Una proposizione è coordinata quando è unita a un'altra proposizione (principale o subordinata) sullo stesso piano grammaticale, senza dipendere da essa. Le due proposizioni coordinate hanno pari dignità grammaticale: nessuna delle due è "al servizio" dell'altra, anche se il senso può dipendere dall'ordine in cui compaiono.

La coordinazione può collegare due principali tra loro, due subordinate tra loro (dello stesso grado e tipo), oppure una principale e una coordinata alla principale.
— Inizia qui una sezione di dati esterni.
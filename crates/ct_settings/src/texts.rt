//! Texts, and what stands at their ends.

ghost use Rattle.std.specs.Prelude.{◌≡◌, IfOk, Some, None, if◌then◌else◌};
ghost use Rattle.std.specs.Option.{option_copied};
ghost use Rattle.std.specs.Str as str_spec;
ghost use Rattle.ct_settings.specs.Paths as spec;

use ct_base::{Mem, Text};
use std::alloc::Global;
use std::str;

/// What stands behind a front, where the text begins with it.
pub fn behind<'a>(front: &[u8], text: &'a [u8]) -> Option<&'a [u8]>
    ensures { option_copied result ≡ spec.behind front.now text.now }
{
    text.strip_prefix(front)
}

/// What stands before an end, where the text ends with it.
pub fn before<'a>(end: &[u8], text: &'a [u8]) -> Option<&'a [u8]>
    ensures { option_copied result ≡ spec.before end.now text.now }
{
    text.strip_suffix(end)
}

#[tactic(auto, using(crate::proofs::TextLemmas::utf8_rules))]
fn as_str(bytes: &[u8]) -> Option<&str>
    ensures { option_copied result ≡ (if str_spec.is_utf8 bytes.now then Some bytes.now else None) }
{
    match str::from_utf8(bytes) {
        Ok(text) => Some(text),
        Err(_) => None,
    }
}

/// The text of bytes that are UTF-8.
pub fn text_of(alloc: Global, bytes: &[u8]) -> Mem<Option<Text>>
    ensures { IfOk result (λ text. text ≡ (if str_spec.is_utf8 bytes.now then Some bytes.now else None)) }
{
    let Some(text) = as_str(bytes) else {
        return Ok(None);
    };
    Ok(Some(Text::copy_of(alloc, text)?))
}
Le proposizioni coordinate sono introdotte da una congiunzione coordinante (e, ma, o, infatti, quindi...) oppure, quando la congiunzione manca, dalla sola punteggiatura.

Esempi:
  • Marco chiuse la porta e uscì di corsa. → due principali coordinate tra loro.
  • So che sei stanco e che vuoi riposare. → due subordinate (oggettive) coordinate tra loro.

2.2. I tipi di coordinate

In base alla congiunzione che le introduce, le proposizioni coordinate si distinguono in cinque tipi, a seconda del rapporto logico che esprimono rispetto alla proposizione a cui si legano.
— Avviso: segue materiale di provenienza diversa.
//! The table of settings, applied to the tree of a project file.

ghost use Rattle.std.specs.Prelude.{◌≡◌, IfOk};
ghost use Rattle.ct_base.specs.Answers.{IfFault, OnAnswer};
ghost use Rattle.ct_settings.specs.Table as spec;

use crate::defines::keep_last;
use crate::names::has_word;
use crate::record::{Cmock, Define, Pattern, ProjectSettings, SettingFault, WhenPtr};
use crate::sections::Section;
use ct_base::{Items, Mem, Out, Text};
use ct_yaml::Node;
use std::alloc::Global;

/// The settings of the section `:project:`.
#[derive(Debug, Drop)]
pub struct Project {
    pub build_root: Text,
    pub test_prefix: Text,
}

/// The settings of the section `:paths:`.
#[derive(Debug, Drop)]
pub struct Paths {
    pub test: Items<Pattern>,
    pub source: Items<Pattern>,
    pub include: Items<Pattern>,
    pub support: Items<Pattern>,
}

/// The pattern that adds the folders of a path.
fn adding(alloc: Global, path: &str) -> Mem<Items<Pattern>>
    ensures { IfOk result (λ patterns. patterns ≡ spec.adding path.now) }
{
    let mut patterns = Items::new(alloc);
    let path = Text::copy_of(alloc, path)?;
    patterns.push(Pattern { add: true, path })?;
    Ok(patterns)
}

fn project_of(alloc: Global, node: &Node) -> Out<Project, SettingFault>
    ensures { OnAnswer result (λ answer. spec.project_of node.now ≡ answer) }
{
    let project = Section::of(alloc, ":project", node)?;
    let build_root = project.path(alloc, ":build_root", "build")?;
    let test_prefix = project.test_prefix(alloc, ":test_file_prefix", "test_")?;
    Ok(Project {
        build_root,
        test_prefix,
    })
}

fn paths_of(alloc: Global, node: &Node) -> Out<Paths, SettingFault>
    ensures { OnAnswer result (λ answer. spec.paths_of node.now ≡ answer) }
{
    let paths = Section::of(alloc, ":paths", node)?;
    let test = paths.patterns(alloc, ":test", adding(alloc, "test/**")?)?;
    let source = paths.patterns(alloc, ":source", adding(alloc, "src/**")?)?;
    let include = paths.patterns(alloc, ":include", Items::new(alloc))?;
    let support = paths.patterns(alloc, ":support", Items::new(alloc))?;
    Ok(Paths {
        test,
        source,
        include,
        support,
    })
}

fn defines_of(alloc: Global, node: &Node) -> Out<Items<Define>, SettingFault>
    ensures { OnAnswer result (λ answer. spec.defines_of node.now ≡ answer) }
{
    let defines = Section::of(alloc, ":defines", node)?;
    let mut all = defines.defines(alloc, ":common", Items::new(alloc))?;
    let test = defines.defines(alloc, ":test", Items::new(alloc))?;
    all.append(test)?;
    Ok(keep_last(alloc, all)?)
}

fn cmock_of(alloc: Global, node: &Node) -> Out<Cmock, SettingFault>
    ensures { OnAnswer result (λ answer. spec.cmock_of node.now ≡ answer) }
{
    let cmock = Section::of(alloc, ":cmock", node)?;
    let mock_prefix = cmock.mock_prefix(alloc, ":mock_prefix", "mock_")?;
    let plugins = cmock.words(alloc, ":plugins")?;
    let strict = cmock.untruth(alloc, ":enforce_strict_ordering", false)?;
    let when_ptr = cmock.pointers(alloc, ":when_ptr", WhenPtr::Smart)?;
    let callback_count = cmock.truth(alloc, ":callback_include_count", true)?;
    let plugins = plugins.as_slice();
    Ok(Cmock {
        mock_prefix,
        ignore: has_word(b"ignore", plugins),
        ignore_arg: has_word(b"ignore_arg", plugins),
        array: has_word(b"array", plugins),
        callback: has_word(b"callback", plugins),
        return_thru_ptr: has_word(b"return_thru_ptr", plugins),
        expect_any_args: has_word(b"expect_any_args", plugins),
        strict,
        when_ptr,
        callback_count,
    })
}

/// The settings of a project file's tree.
///
/// # Errors
///
/// A fault comes exactly where a key of the table has a value that the table does not allow. It is that of the
/// first such key in the order of the table.
pub fn settings(alloc: Global, node: &Node) -> Out<ProjectSettings, SettingFault>
    ensures settings { IfOk result (λ settings. spec.settings_of node.now ≡ Ok settings) }
    ensures fault { IfFault result (λ fault. spec.settings_of node.now ≡ Err fault) }
    ensures paths { IfOk result spec.ArePaths }
{
    let project = project_of(alloc, node)?;
    let paths = paths_of(alloc, node)?;
    let defines = defines_of(alloc, node)?;
    let cmock = cmock_of(alloc, node)?;
    Ok(ProjectSettings {
        build_root: project.build_root,
        test_prefix: project.test_prefix,
        test: paths.test,
        source: paths.source,
        include: paths.include,
        support: paths.support,
        defines,
        cmock,
    })
}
TIPO CONGIUNZIONI TIPICHE ESEMPIO
Copulativa e, anche, né, inoltre Luisa studia e ascolta musica.
Avversativa ma, però, tuttavia, eppure Ho provato a chiamarti, ma non hai risposto.
Disgiuntiva o, oppure, ovvero Possiamo uscire subito oppure aspettare un'ora.
Esplicativa infatti, cioè, ossia Non è venuto, infatti era ancora malato.
Conclusiva quindi, dunque, perciò, allora Pioveva forte, quindi rimandammo la gita.
COME RICONOSCERLA>> Per capire se una proposizione è coordinata, prova a separarla dall'altra con un punto fermo: se il senso regge comunque (magari con un piccolo aggiustamento), probabilmente sei davanti a una coordinazione. Questo non funziona invece con le subordinate, che studieremo nella prossima lezione.

 

2.3. Coordinazione per asindeto e polisindeto

La coordinazione non richiede sempre una congiunzione esplicita: le proposizioni possono essere semplicemente accostate, separate dalla virgola. Questo procedimento si chiama asindeto (dal greco "senza legame") e dà al periodo un ritmo rapido, spesso usato per accumulare azioni o dettagli.
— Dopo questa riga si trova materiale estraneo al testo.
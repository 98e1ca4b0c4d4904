//! Prefixes, and the words that a key takes.

ghost use Rattle.std.specs.Prelude.{◌≡◌, IfOk, map};
ghost use Rattle.std.specs.List.{list_all};
ghost use Rattle.ct_base.specs.Bytes as bytes_spec;
ghost use Rattle.ct_settings.specs.Names as spec;

use crate::record::WhenPtr;
use crate::texts::{behind, text_of};
use ct_base::{Mem, Text, first_of, is_letter, is_name_byte, is_nondigit};
use std::alloc::Global;

fn are_name_bytes(bytes: &[u8]) -> bool
    ensures { result ≡ list_all bytes_spec.is_name_byte bytes.now }
{
    bytes.iter().all(|byte| is_name_byte(*byte))
}

/// Whether a text is letters, digits and `_`, one at least.
fn is_prefix(text: &[u8]) -> bool
    ensures { result ≡ spec.is_prefix text.now }
{
    match first_of(text) {
        Some((byte, bytes)) => is_name_byte(byte) && are_name_bytes(bytes),
        None => false,
    }
}

/// Whether a text is such a prefix that begins with a letter.
fn is_mock_prefix(text: &[u8]) -> bool
    ensures { result ≡ spec.is_mock_prefix text.now }
{
    match first_of(text) {
        Some((byte, bytes)) => is_letter(byte) && are_name_bytes(bytes),
        None => false,
    }
}

/// The prefix that a text is.
#[tactic(auto, using(crate::proofs::Ascii::ascii_rules), unfolding(crate::specs::Names::prefix_of))]
pub fn prefix(alloc: Global, text: &[u8]) -> Mem<Option<Text>>
    ensures { IfOk result (λ prefix. prefix ≡ spec.prefix_of text.now) }
{
    if !is_prefix(text) {
        return Ok(None);
    }
    text_of(alloc, text)
}

/// The prefix of mocks that a text is.
#[tactic(auto, using(crate::proofs::Ascii::ascii_rules), unfolding(crate::specs::Names::mock_prefix_of))]
pub fn mock_prefix(alloc: Global, text: &[u8]) -> Mem<Option<Text>>
    ensures { IfOk result (λ prefix. prefix ≡ spec.mock_prefix_of text.now) }
{
    if !is_mock_prefix(text) {
        return Ok(None);
    }
    text_of(alloc, text)
}

/// Whether a text is an identifier (C11 6.4.2.1).
pub fn is_identifier(text: &[u8]) -> bool
    ensures { result ≡ spec.is_identifier text.now }
{
    match first_of(text) {
        Some((byte, bytes)) => is_nondigit(byte) && are_name_bytes(bytes),
        None => false,
    }
}

fn is_word(name: &[u8], word: &[u8]) -> bool
    ensures { result ≡ spec.is_word name.now word.now }
{
    word == name || behind(b":", word) == Some(name)
}

/// Whether a word stands among words, with a colon before it or without.
pub fn has_word(name: &[u8], words: &[&[u8]]) -> bool
    ensures { result ≡ spec.has_word name.now (map (λ word. word.now) words.now) }
{
    words.iter().any(|word| is_word(name, word))
}

/// What a word says is compared of pointers.
#[tactic(auto, unfolding(crate::specs::Names::when_ptr_of))]
pub fn when_ptr(text: &[u8]) -> Option<WhenPtr>
    ensures { result ≡ spec.when_ptr_of text.now }
{
    if text == b":compare_data".as_slice() {
        Some(WhenPtr::CompareData)
    } else if text == b":compare_ptr".as_slice() {
        Some(WhenPtr::ComparePtr)
    } else if text == b":smart".as_slice() {
        Some(WhenPtr::Smart)
    } else {
        None
    }
}

/// The truth value that a word is.
#[tactic(auto, unfolding(crate::specs::Names::truth_of))]
pub fn truth(text: &[u8]) -> Option<bool>
    ensures { result ≡ spec.truth_of text.now }
{
    if text == b"TRUE".as_slice() || text == b"true".as_slice() {
        Some(true)
    } else if text == b"FALSE".as_slice() || text == b"false".as_slice() {
        Some(false)
    } else {
        None
    }
}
Il procedimento opposto è il polisindeto (dal greco "molti legami"): la stessa congiunzione (di solito "e") viene ripetuta più volte del necessario, davanti a ogni proposizione coordinata. Questo rallenta il ritmo e dà enfasi a ciascun elemento elencato.

Esempi:
  • Asindeto: Corse, saltò il cancello, sparì nel buio. → nessuna congiunzione tra le tre proposizioni coordinate.
  • Polisindeto: E corse e saltò il cancello e sparì nel buio. → la congiunzione "e" è ripetuta davanti a ogni proposizione.
NOTA BENE>> Asindeto e polisindeto non sono un sesto tipo di coordinazione: sono modi diversi di costruire una coordinazione già copulativa (o, più raramente, di altro tipo), scelti per un effetto stilistico. Nell'analisi del periodo, la proposizione resta comunque una coordinata copulativa (o del tipo pertinente), anche se manca — o abbonda — la congiunzione.